Task to carry out ▸
Go through the entries below and say how many lines hold the word "Whether". Nothing else is needed.

Recorded data ▸
------------------------------
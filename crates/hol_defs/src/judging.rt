//! What is judged of a defining term.
ghost use Rattle.std.specs.Prelude.{◌≡◌, ◌<◌, [], length, IfOk, OnOk};
ghost use Rattle.std.specs.List.{list_all};
ghost use Rattle.hol_spec.specs.Defining.{is_closed as is_closed_term, has_type_variables_of};
ghost use Rattle.hol_spec.specs.Lists.{is_in, union};
ghost use Rattle.hol_spec.specs.NameEquality.{name_eq};
ghost use Rattle.hol_term.specs.Tables.{term_at, type_at, IsTermAt};
ghost use Rattle.hol_defs.specs.Faults.{has_own_variables as has_its_own};

use crate::tables::NameSet;
use common::Memory;
use hol_name::Name;
use hol_term::{TermId, TermTable};
use hol_type::TypeId;
use std::alloc::Global;

// Whether a term has no free variable.
pub(crate) fn is_closed(table: &TermTable, term: TermId) -> Result<bool, Memory>
    requires { term.0 < length table.now.terms }
    ensures { IfOk result (λ is. is ≡ is_closed_term (term_at table.now term.0)) }
{
    let variables = table.free_vars(term)?;
    Ok(variables.len() == 0)
}

// Whether the type of a term has each of its type variables.
pub(crate) fn has_own_variables(
    alloc: Global,
    table: &TermTable,
    term: TermId,
) -> Result<bool, Memory>
    requires { IsTermAt table.now term.0 }
    ensures { IfOk result (λ has. has ≡ has_its_own (term_at table.now term.0)) }
{
    let has = has_variables(alloc, table, table.type_of(term), term)?;
    Ok(has)
}

// Whether a type has each type variable of a term.
pub(crate) fn has_variables(
    alloc: Global,
    table: &TermTable,
    ty: TypeId,
    term: TermId,
) -> Result<bool, Memory>
    requires ty { ty.0 < length table.now.types }
    requires term { term.0 < length table.now.terms }
    ensures { IfOk result (λ has. has ≡ has_type_variables_of (type_at table.now ty.0) (term_at table.now term.0)) }
{
    let mut own = NameSet::new(alloc);
    let has = has_names(table, ty, term, &mut own);
    drop(own);
    has
}

// The same, with a set for the type variables of the type.
fn has_names(table: &TermTable, ty: TypeId, term: TermId, own: &mut NameSet) -> Result<bool, Memory>
    requires ty { ty.0 < length table.now.types }
    requires term { term.0 < length table.now.terms }
    requires own { own.old ≡ [] }
    ensures { IfOk result (λ has. has ≡ has_type_variables_of (type_at table.now ty.0) (term_at table.now term.0)) }
{
    own.unite(table.types().vars(ty)?)?;
    let names = table.type_vars(term)?;
    Ok(are_among(own, &names))
}

// Whether each name is in a set.
pub(crate) fn are_among(set: &NameSet, names: &[Name]) -> bool
    ensures { result ≡ list_all (λ n. is_in name_eq n set.now) names.now }
{
    names.iter().all(|name| set.has(name))
}

// The names, each copied.
pub(crate) fn copied(alloc: Global, names: &[Name]) -> Result<Vec<Name>, Memory>
    ensures { IfOk result (λ copy. copy.items ≡ names.now) }
{
    let mut copy = Vec::new(alloc);
    match push_copies(&mut copy, names) {
        Ok(()) => Ok(copy),
        Err(Memory) => {
            drop(copy);
            Err(Memory)
        }
    }
}

// Puts copies of the names.
fn push_copies(copy: &mut Vec<Name>, names: &[Name]) -> Result<(), Memory>
    requires { copy.old.items ≡ [] }
    ensures { OnOk result (copy.new.items ≡ names.now) }
{
    for name in names {
        copy.push(name.clone()?)?;
    }
    Ok(())
}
------------------------------
Result of this task ▸
4